Computational Exploration of Counterion Effects in Gold(I)-Catalyzed Cycloisomerization of ortho-(Alkynyl)styrenes

Abstract

A detailed theoretical analysis of the mechanism and chemoselectivity for gold(I)-catalyzed reaction of o-(alkynyl)styrene containing an isopropyl and a methyl at the terminal position of the alkene has been reported in this work. Two different counterions (SbF6- and OTs-) were studied as model catalysts. According to our calculation, for SbF6-, the reaction pathway is more prone to direct 1,2-H shifts (isopropyl H) than the elimination and ring expansion pathway.
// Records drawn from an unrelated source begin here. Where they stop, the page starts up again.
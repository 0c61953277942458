//! What a journal gives back is put into a journal again.

ghost use Rattle.std.specs.Prelude.{All, IfOk};
ghost use Rattle.restart_journal.specs.Pieces.{CanBePut};

use crate::journaled::Journaled;
use crate::pieces::{KINDS, of_kind, read, write};
use replica_core::Replica;
use restart_journal::{Recovered, call_piece, put_entry};
use run_model::{Act, Entry};
use std::alloc::Global;
use std::process::Abort;
use std::test::Fail;
use tact_base::{Bytes, NoMemory};

// What a journal with an entry of each kind gives back.
fn recovered(alloc: Global) -> Result<Box<Recovered>, Fail>
    ensures { IfOk result (λ made. All CanBePut made.value.stored) }
{
    let mut journal = Journaled::new(alloc, &[])?;
    fill(&mut journal)?;
    Ok(journal.recovered()?)
}

fn fill(journal: &mut Journaled) -> Result<(), Fail> {
    for place in 0..KINDS {
        journal.put(of_kind(place))?;
    }
    Ok(())
}

// The pieces of entries, one behind the other.
fn put_each(alloc: Global, entries: &[Entry]) -> Result<Bytes, NoMemory>
    requires { All CanBePut entries.now }
{
    let mut out = Bytes::new(alloc);
    for entry in entries {
        put_entry(entry, &mut out)?;
    }
    Ok(out)
}

// Those of a journal with an entry of each kind.
fn bytes_of_kinds(alloc: Global) -> Result<Bytes, NoMemory> {
    let mut out = Bytes::new(alloc);
    for place in 0..KINDS {
        out.append(of_kind(place))?;
    }
    Ok(out)
}

// Whether the entries have just those pieces.
fn are_put(alloc: Global, entries: &[Entry]) -> Result<bool, NoMemory>
    requires { All CanBePut entries.now }
{
    let put = put_each(alloc, entries)?;
    let due = bytes_of_kinds(alloc)?;
    Ok(put.items() == due.items())
}

// One own write stands above what the other vouches for; both writes are seen.
fn assert_state(rt: &impl Abort, replica: &Replica) {
    assert!(rt; replica.count() == KINDS as u64);
    assert!(rt; replica.clock() == 2);
    assert!(rt; replica.get(7) == 2);
}

#[test]
fn put_again(rt: HostRuntime) -> Result<(), Fail> {
    let made = recovered(rt.alloc())?;
    assert_state(&rt, &made.replica);
    assert!(rt; are_put(rt.alloc(), made.stored.items())?);
    Ok(())
}

// Appends the piece of a call, which is made in place, and of any other entry nothing.
fn put_call(entry: &Entry, out: &mut Bytes) -> Result<(), NoMemory>
    requires { CanBePut entry.now }
{
    match &entry.act {
        Act::Call { .. } => out.append(call_piece(entry).bytes()),
        _ => Ok(()),
    }
}

// The pieces of the calls among entries, one behind the other.
fn put_calls(alloc: Global, entries: &[Entry]) -> Result<Bytes, NoMemory>
    requires { All CanBePut entries.now }
{
    let mut out = Bytes::new(alloc);
    for entry in entries {
        put_call(entry, &mut out)?;
    }
    Ok(out)
}

// Whether those pieces are what `put_entry` appends for the write and the read.
fn are_in_place(alloc: Global, entries: &[Entry]) -> Result<bool, NoMemory>
    requires { All CanBePut entries.now }
{
    let put = put_calls(alloc, entries)?;
    let mut due = Bytes::from_slice(alloc, write())?;
    due.append(read())?;
    Ok(put.items() == due.items())
}

#[test]
fn calls_in_place(rt: HostRuntime) -> Result<(), Fail> {
    let made = recovered(rt.alloc())?;
    assert!(rt; are_in_place(rt.alloc(), made.stored.items())?);
    Ok(())
}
However, an elimination pathway affords the indenyl derivative by forming p-toluenesulfonic acid (HOTs), which may be the main pathway in the presence of OTs-. The chemoselectivity for the title reaction is mainly determined by the electronic effect of the counterion and the substituent rather than the steric effect. In other words, less basic SbF6- mainly provides the charge separation effect rather than assisted proton elimination. However, the more basic OTs- mainly assist proton elimination through the formation of HOTs. In addition to the good agreement with the experimental data, the density functional theory results also provide a significant contribution to the understanding of the reaction mechanism.